ECONOMICS

Setahun Perang Rusia-Ukraina: Memanasnya Harga Energi dan Komoditas Dunia

Maulina Ulfa - Riset 24/02/2023 14:53 WIB

Dalam siaran itu, Presiden Vladimir Putin mengumumkan bahwa militer Rusia telah secara remi meluncurkan “operasi militer spesial” di Ukraina.

Setahun Perang Rusia-Ukraina: Memanasnya Harga Energi dan Komoditas Dunia. (Foto: MNC Media)

IDXChannel – Pada 24 Februari 2022, Publik internasional dikejutkan dengan siaran resmi yang dikumandangkan oleh stasiun televisi Rusia. Dalam siaran itu, Presiden Vladimir Putin mengumumkan bahwa militer Rusia telah secara remi meluncurkan “operasi militer spesial” di Ukraina.

Kini, invasi Rusia ke Ukraina telah memasuki peringatan satu tahun. Banyak dampak secara global yang ditimbulkan dari adanya perang ini. Di antaranya adalah memanasnya harga energi dan komoditas vital lainnya.

Dampak yang paling nyata dari adanya perang ini adalah meroketnya harga energi, terutama minyak dan gas alam.

Perang Rusia-Ukraina telah menyebabkan guncangan harga komoditas terbesar sejak krisis minyak tahun 1973.

Harga minyak sempat menembus lebih dari USD100 per barel dan sempat mencapai all-time high USD117,42 per barel pada Mei 2022. Untuk jenis minyak berjangka West Texas Intermediate (WTI). Setelah sebelumnya sempat tertekan diperdagangan sekitar USD21,9 per barel di masa pandemi Covid-19.

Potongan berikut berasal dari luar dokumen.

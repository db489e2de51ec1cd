// Floats as decimals: digits below 2^24 over a power of ten up to 10^10. Both are floats exactly, so
// one division gives the nearest float.
ghost use Rattle.std.specs.Prelude.{◌≡◌, false, ◌^◌, ◌<◌, ◌≤◌, IfSome};
ghost use Rattle.std.specs.Float.Ieee.Exact.{HasValue};
ghost use Rattle.decimals.specs.Decimal.{over, Prints};

use values::float::to_bits;

// digits / 10^places.
#[derive(Clone, Copy)]
pub struct Decimal {
    pub digits: u32,
    pub places: u32,
    pub ghost few: { digits < 2 ^ 24 },
    pub ghost near: { places ≤ 10 },
}

// Ten to each k up to 10, as a whole number and as a float, which it is exactly. A table: worked out anew for each
// number of places that is tried, the powers were most of a float's way to text.
const POWERS: [(u64, f32); 11] = [
    (1, 1.0),
    (10, 10.0),
    (100, 100.0),
    (1000, 1000.0),
    (10000, 10000.0),
    (100000, 100000.0),
    (1000000, 1000000.0),
    (10000000, 10000000.0),
    (100000000, 100000000.0),
    (1000000000, 1000000000.0),
    (10000000000, 10000000000.0),
];

// Ten to k. `k ≤ 10` stands in three contracts: a number of places is tried (`decimal_of`) before there is a
// `Decimal` that could hold it.
pub fn power(k: u32) -> u64
    requires { k ≤ 10 }
    ensures { (result ≡ 10 ^ k) × (1 ≤ result) × (result ≤ 10000000000) }
{
    POWERS[k as usize].0
}

// Ten to k, up to 10 a float exactly.
fn ten(k: u32) -> f32
    requires { k ≤ 10 }
    ensures { HasValue result false (10 ^ k) 1 }
{
    POWERS[k as usize].1
}

// The float nearest to a decimal.
pub fn quotient(decimal: Decimal) -> f32
    ensures { result ≡ over decimal.digits decimal.places }
{
    decimal.digits as f32 / ten(decimal.places)
}

// The whole number nearest to a positive float, by its bits, times `tens`: 2^24 if the float is
// that large, 0 if it is far below.
fn rounded(bits: u32, tens: u64) -> u64
    requires { tens ≤ 10000000000 }
{
    let exponent = bits / 0x80_0000;
    let digits = u64::from(bits % 0x80_0000 + 0x80_0000);
    if 150 < exponent {
        return 0x100_0000;
    }
    let down = 150 - exponent;
    if 63 < down {
        return 0;
    }
    (((2 * digits * tens) >> down) + 1) / 2
}

// A decimal with so many places that gives the positive float of these bits.
fn with_places(bits: u32, places: u32) -> Option<Decimal>
    requires { places ≤ 10 }
    ensures { IfSome result (λ d. Prints bits d.digits d.places) }
{
    let nearest = rounded(bits, power(places));
    if 0x100_0000 <= nearest {
        return None;
    }
    let decimal = Decimal {
        digits: nearest as u32,
        places,
    };
    (to_bits(quotient(decimal)) == bits).then_some(decimal)
}

// The decimal with the fewest places that gives the positive float of these bits, if there is one.
pub fn decimal_of(bits: u32) -> Option<Decimal>
    ensures { IfSome result (λ d. Prints bits d.digits d.places) }
{
    (0..=10).find_map(|places| with_places(bits, places))
}
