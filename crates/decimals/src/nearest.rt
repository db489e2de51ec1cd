// The float nearest to a decimal, by its bits: one division of whole numbers, rounded once. The number
// n is counted in smallest floats, 2^-149. A float keeps 24 digits of base 2, so its units are 2^k of
// those, for the least k that leaves n with 24 digits. Then n over the unit, rounded, plus k × 2^23 are
// its bits: the first digit counts into the exponent's field.
ghost use Rattle.std.specs.Prelude.{◌≡◌};
ghost use Prim.Native.Nat.{◌+◌, ◌*◌, ◌^◌, ◌<◌, ◌≤◌, compare};
ghost use Rattle.std.specs.Float.{binary32};
ghost use Rattle.std.specs.Float.Ieee.{nearest, to_bits};
ghost use Rattle.decimals.specs.Big.{value_of, limit};
ghost use Rattle.decimals.specs.Decimal.{nearest_to};

use crate::big::{Big, minus, raised, small, times};

// 2^24 units, which are 2^k smallest floats each.
#[derive(Clone, Copy)]
struct Scale {
    unit: Big,
    k: u32,
}

// A quotient by a unit: its whole part, and what is left.
#[derive(Clone, Copy)]
struct Quotient {
    whole: u32,
    rest: Big,
    unit: Big,
    ghost less: { value_of rest < value_of unit },
    ghost fits: { value_of unit * 2 < limit },
}

impl Quotient {
    // One digit of base 2 more.
    fn lengthened(self) -> Quotient
        requires { self.whole < 2 ^ 24 }
        ensures { (result.whole ≤ self.whole * 2 + 1) × (result.unit ≡ self.unit) × (result.whole * value_of result.unit + value_of result.rest ≡ (self.whole * value_of self.unit + value_of self.rest) * 2) }
    {
        let whole = self.whole * 2;
        let unit = self.unit;
        let twice = times(self.rest, 2, 0);
        let Some(rest) = minus(twice, unit) else {
            return Quotient {
                whole,
                rest: twice,
                unit,
            };
        };
        Quotient {
            whole: whole + 1,
            rest,
            unit,
        }
    }

    // The whole number nearest to it; at a tie the even one.
    fn rounded(self) -> u32
        requires { self.whole < 2 ^ 24 }
        ensures { (result ≤ 2 ^ 24) × (result ≡ nearest self.whole (compare (value_of self.rest * 2) (value_of self.unit))) }
    {
        let Quotient { whole, rest, unit } = self;
        let twice = times(rest, 2, 0);
        if minus(twice, unit).is_none() {
            return whole;
        }
        if minus(unit, twice).is_none() {
            return whole + 1;
        }
        whole + whole % 2
    }
}

// The first of unit, 2 unit, 4 unit .. that is above n.
fn scaled(n: Big, unit: Big) -> Scale
    requires { (0 < value_of unit) × (value_of unit * 2 < limit) × (value_of n * 4 < limit) }
    ensures { (result.k ≤ 512) × (value_of n < value_of result.unit) × (value_of result.unit * 2 < limit) × (0 < result.k → value_of result.unit ≤ value_of n * 2) × (value_of result.unit ≡ value_of unit * 2 ^ result.k) }
{
    let mut large = unit;
    let mut k = 0;
    // A while: how often it doubles depends on n. The rest is taken at a turn's end: taken in the test, a turn costs
    // a fifth more.
    let mut rest = minus(n, large);
    while rest.is_some() {
        large = times(large, 2, 0);
        k += 1;
        rest = minus(n, large);
    }
    Scale { unit: large, k }
}

// 2^24 n over unit, for an n below unit.
fn divided(n: Big, unit: Big) -> Quotient
    requires { (value_of n < value_of unit) × (value_of unit * 2 < limit) }
    ensures { (result.whole < 2 ^ 24) × (result.unit ≡ unit) × (result.whole * value_of result.unit + value_of result.rest ≡ value_of n * 2 ^ 24) }
{
    let mut q = Quotient {
        whole: 0,
        rest: n,
        unit,
    };
    for _ in 0..24u32 {
        q = q.lengthened();
    }
    q
}

// The bits of the float nearest to digits × 10^up / 10^down; infinity's where that is too large. Where
// rounding gives 2^24, the carry makes the next field with digits 0.
pub fn nearest(digits: Big, up: u32, down: u32) -> u32
    requires { (value_of digits < 10 ^ 40) × (up ≤ 60) × (down ≤ 100) }
    ensures { (result ≤ 2139095040) × (result ≡ to_bits binary32 (nearest_to (value_of digits) up down)) }
{
    let n = raised(raised(digits, 10, up), 2, 149);
    let scale = scaled(n, raised(small(0x100_0000), 10, down));
    let unit = scale.unit;
    let k = scale.k;
    if 253 < k {
        return 0x7f80_0000;
    }
    k * 0x80_0000 + divided(n, unit).rounded()
}
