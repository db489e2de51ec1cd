// Numbers in text: whole numbers, decimals and the floats nearest to them, read from words.
#![tactic(auto)]

pub mod big;
pub mod decimal;
pub mod nearest;
pub mod number;
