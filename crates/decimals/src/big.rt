// Whole numbers below 2^512.
ghost use Rattle.std.specs.Prelude.{◌≡◌, ◌+◌, ◌*◌, ◌^◌, ◌<◌, MatchOption};
ghost use Rattle.decimals.specs.Big.{value_of, limit};

// A number in words of 32 bits, the lowest first: an array of fixed length, since libraries have no heap.
#[derive(Clone, Copy)]
pub struct Big {
    pub words: [u32; 16],
}

// A small number.
pub fn small(word: u32) -> Big
    ensures { value_of result ≡ word }
{
    let mut words = [0u32; 16];
    words[0] = word;
    Big { words }
}

// a times m, plus c.
pub fn times(a: Big, m: u32, c: u32) -> Big
    requires { value_of a * m + c < limit }
    ensures { value_of result ≡ value_of a * m + c }
{
    let mut words = [0u32; 16];
    let mut carry = u64::from(c);
    // An index: a word's place is its weight, which the invariant speaks of. Tried with `iter_mut().zip`, which
    // gives the invariant no place: it stayed open.
    for i in 0..16 {
        let sum = u64::from(a.words[i]) * u64::from(m) + carry;
        words[i] = (sum % 0x1_0000_0000) as u32;
        carry = sum / 0x1_0000_0000;
    }
    Big { words }
}

// a less b, if a is not the less. Inlined, so that a caller who asks only whether there is a rest makes none.
#[inline(always)]
pub fn minus(a: Big, b: Big) -> Option<Big>
    ensures { MatchOption result (value_of a < value_of b) (λ rest. value_of rest + value_of b ≡ value_of a) }
{
    let mut words = [0u32; 16];
    let mut borrow: u64 = 0;
    // An index: as in `times`.
    for i in 0..16 {
        let left = u64::from(a.words[i]) + 0x1_0000_0000 - u64::from(b.words[i]) - borrow;
        words[i] = (left % 0x1_0000_0000) as u32;
        borrow = 1 - left / 0x1_0000_0000;
    }
    if borrow == 0 {
        Some(Big { words })
    } else {
        None
    }
}

// a times m, k times over.
pub fn raised(a: Big, m: u32, k: u32) -> Big
    requires { (0 < m) × (value_of a * m ^ k < limit) }
    ensures { value_of result ≡ value_of a * m ^ k }
{
    let mut made = a;
    for _ in 0..k {
        made = times(made, m, 0);
    }
    made
}
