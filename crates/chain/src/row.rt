// A task with its row of the table, and the hand-over from one to the next.
ghost use Rattle.std.specs.Prelude.{◌≡◌, ◌*◌, ◌≤◌, ◌<◌, length, get_or};
ghost use Rattle.schedule.specs.Calls.{most_ticks};
ghost use Rattle.chain.specs.Most.{most_period, most_release};

use theory::Task;

// A task, and the response of each of its jobs released before H.
#[derive(Clone, Copy)]
pub(crate) struct Row<'a> {
    pub(crate) task: Task,
    pub(crate) responses: &'a [u32],
    ghost period_positive: { 0 < task.period },
    ghost period_most: { task.period ≤ most_period },
    ghost some: { 0 < length responses.now },
    ghost before: { length responses.now * task.period ≤ most_ticks },
    ghost response_most: { (k : _) → k < length responses.now → get_or responses.now k 0 ≤ most_period },
}

// The job of the next task that a path goes on to, and how long it is from the producer's release to its own.
#[derive(Clone, Copy)]
pub(crate) struct HandOver {
    pub(crate) job: u32,
    pub(crate) wait: u32,
}

// A place that holds no task of the sheet.
pub(crate) const NONE: Row<'static> = Row {
    task: Task {
        period: 1,
        budget: 1,
        rank: 0,
    },
    responses: &[1],
};

impl Row<'_> {
    ghost use Rattle.chain.specs.Paths.{response_in, greatest_in, pair_in, HandedOver};

    // The response of job k; "a job released at or after H has the response of the job released at its release modulo H".
    pub(crate) fn response(&self, k: u32) -> u32
        ensures { result ≡ response_in self.now k }
    {
        let count = self.responses.len() as u32;
        // Most jobs are before H: the branch saves them a division.
        let job = if k < count { k } else { k % count };
        self.responses[job as usize]
    }

    // R of the task.
    pub(crate) fn greatest(&self) -> u32
        ensures { result ≡ greatest_in self.now }
    {
        arith::greatest(self.responses)
    }

    // The hand-over from job k to the next task: "the next release", and how long it is until then.
    pub(crate) fn hand_over(&self, next: &Row<'_>, k: u32) -> HandOver
        requires { k * self.now.task.period ≤ most_release }
        ensures { HandedOver self.now next.now k result }
    {
        let release = k * self.task.period;
        let ready = if self.task.rank < next.task.rank {
            release + self.response(k)
        } else {
            release
        };
        let job = ready.div_ceil(next.task.period);
        let wait = job * next.task.period - release;
        HandOver { job, wait }
    }

    // What the pair with the next task adds to the quick bound; by the law that is named here it fits.
    #[tactic(auto, using(crate::specs::PathLaws::pair_near))]
    pub(crate) fn pair_bound(&self, next: &Row<'_>) -> u32
        ensures { result ≡ pair_in self.now next.now }
    {
        recurrence::pair_bound(self.task, next.task, self.greatest()) as u32
    }
}
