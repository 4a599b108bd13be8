// A chain of a sheet that is judged fine, by its number.
ghost use Rattle.std.specs.Prelude.{◌≡◌, ◌≤◌, ◌<◌, length};
ghost use Rattle.theory.specs.Model.Schedule.{period};
ghost use Rattle.answers.specs.Answers.{fine};
ghost use Rattle.sheet.specs.Tasks.{tasks_of, lacks, chain_at, chain_of, first_of};
ghost use Rattle.chain.specs.Calls.{most_limit, report_limit};

use sheet::Chain;
use sheet::sound::Judged;

#[derive(Clone, Copy)]
pub(crate) struct Named {
    pub(crate) judged: Judged,
    pub(crate) number: u8,
    ghost known: { lacks judged.sheet number ≡ fine },
}

impl Named {
    // Its length and its entries.
    pub(crate) fn chain(self) -> Chain
        ensures { result ≡ chain_at self.judged.sheet self.number }
    {
        sheet::chain_of(self.judged, self.number).unwrap()
    }

    // T of its first task.
    pub(crate) fn first_period(self) -> u32
        ensures { (result ≡ period (tasks_of self.judged.sheet) (first_of (chain_of self.judged.sheet self.number))) × (0 < result) }
    {
        let first = self.chain().entries[0];
        self.judged.sheet.tasks[usize::from(first)].period
    }

    // "the margin under its limit", and for an old sheet under 1,000.
    pub(crate) fn report_limit(self) -> u32
        ensures { (result ≡ report_limit self.judged.sheet self.number) × (result ≤ most_limit) }
    {
        if self.judged.sheet.edition == 1 {
            return sheet::OLD_LIMIT;
        }
        self.chain().limit
    }
}
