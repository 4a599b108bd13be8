// A chain as a path of rows, one for each of its tasks: its delay from a job on, the greatest of these, and its quick bound.
ghost use Rattle.std.specs.Prelude.{◌≡◌, ◌+◌, ◌*◌, ◌≤◌, length};
ghost use Rattle.chain.specs.Most.{most_wait, most_release};
ghost use Rattle.chain.specs.Paths.{period_in, count_in, delay_in, bound_in, ahead, FirstHandedOver, Greatest};

use crate::answer::Figure;
use crate::row::{HandOver, Row};

// The delay of a path from job k of its first task on: the wait for the next release, and then "the same rule asked of a shorter one".
pub(crate) fn walk(path: &[Row<'_>], k: u32) -> u32
    requires { k * period_in path.now + most_wait * length path.now ≤ most_release + most_wait }
    ensures { result ≡ delay_in path.now k }
{
    match path {
        [] => 0,
        [last] => last.response(k),
        [row, rest @ ..] => {
            let next = row.hand_over(&rest[0], k);
            next.wait + walk(rest, next.job)
        }
    }
}

// What the first hand-over leaves of a path: all but its first task, or that one where it is all.
fn onward<'r, 'a>(path: &'r [Row<'a>]) -> &'r [Row<'a>]
    ensures { result.now ≡ ahead path.now }
{
    match path {
        [_, rest @ ..] if !rest.is_empty() => rest,
        _ => path,
    }
}

// The first hand-over of the path from job k; on a chain of one task the path stays where it is.
fn first_hand_over(path: &[Row<'_>], k: u32) -> HandOver
    requires { k * period_in path.now ≤ most_release }
    ensures { FirstHandedOver path.now (ahead path.now) k result }
{
    match path {
        [row, next, ..] => row.hand_over(next, k),
        _ => HandOver { job: k, wait: 0 },
    }
}

// The greatest delay over the first task's jobs, and the smallest release that gives it. Paths that go to one job
// end together, so of these only the first is followed.
pub(crate) fn sampling(path: &[Row<'_>]) -> Figure
    requires { length path.now ≤ 16 }
    ensures { Greatest (count_in path.now) (period_in path.now) (delay_in path.now) result }
{
    let [first, ..] = path else {
        return Figure::default();
    };
    let rest = onward(path);
    let mut ticks = 0u32;
    let mut at = 0u32;
    let mut followed = None;
    for k in 0..first.responses.len() as u32 {
        let next = first_hand_over(path, k);
        if followed != Some(next.job) {
            followed = Some(next.job);
            let delay = next.wait + walk(rest, next.job);
            if ticks < delay {
                ticks = delay;
                at = k;
            }
        }
    }
    Figure {
        ticks,
        release: at * first.task.period,
    }
}

// The quick bound: what each pair adds, and R of the last task. The one of recurrence goes by numbers of tasks, as it has no rows.
pub(crate) fn bound(path: &[Row<'_>]) -> u32
    requires { length path.now ≤ 16 }
    ensures { result ≡ bound_in path.now }
{
    match path {
        [] => 0,
        [last] => last.greatest(),
        [row, rest @ ..] => row.pair_bound(&rest[0]) + bound(rest),
    }
}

Menurut laporan Bank Dunia pada Mei 2022 lalu, harga energi naik mencapai 448%, sementara harga makanan dan pupuk masing-masing naik 84% dan 222% sepanjang Januari-Maret dari wacana perang pertama diluncurkan.

Kenaikan harga minyak ini menjadi titik balik yang berdampak pada meroketnya sejumlah komoditas lainnya sekaligus mengawali masa krisis energi yang terjadi di benua Biru, Eropa.

“Harga energi yang tinggi berkontribusi pada peningkatan biaya hampir semua barang dan jasa yang selanjutnya memicu ekspektasi inflasi," ujar Maciej Kolaczkowski, Manajer Industri Minyak dan Gas dari Energi Forum Ekonomi Dunia di awal Maret 2022.

Invasi Rusia ke Ukraina pada bulan Februari telah memperburuk ketegangan yang sudah ada sebelumnya dalam rantai pasokan global.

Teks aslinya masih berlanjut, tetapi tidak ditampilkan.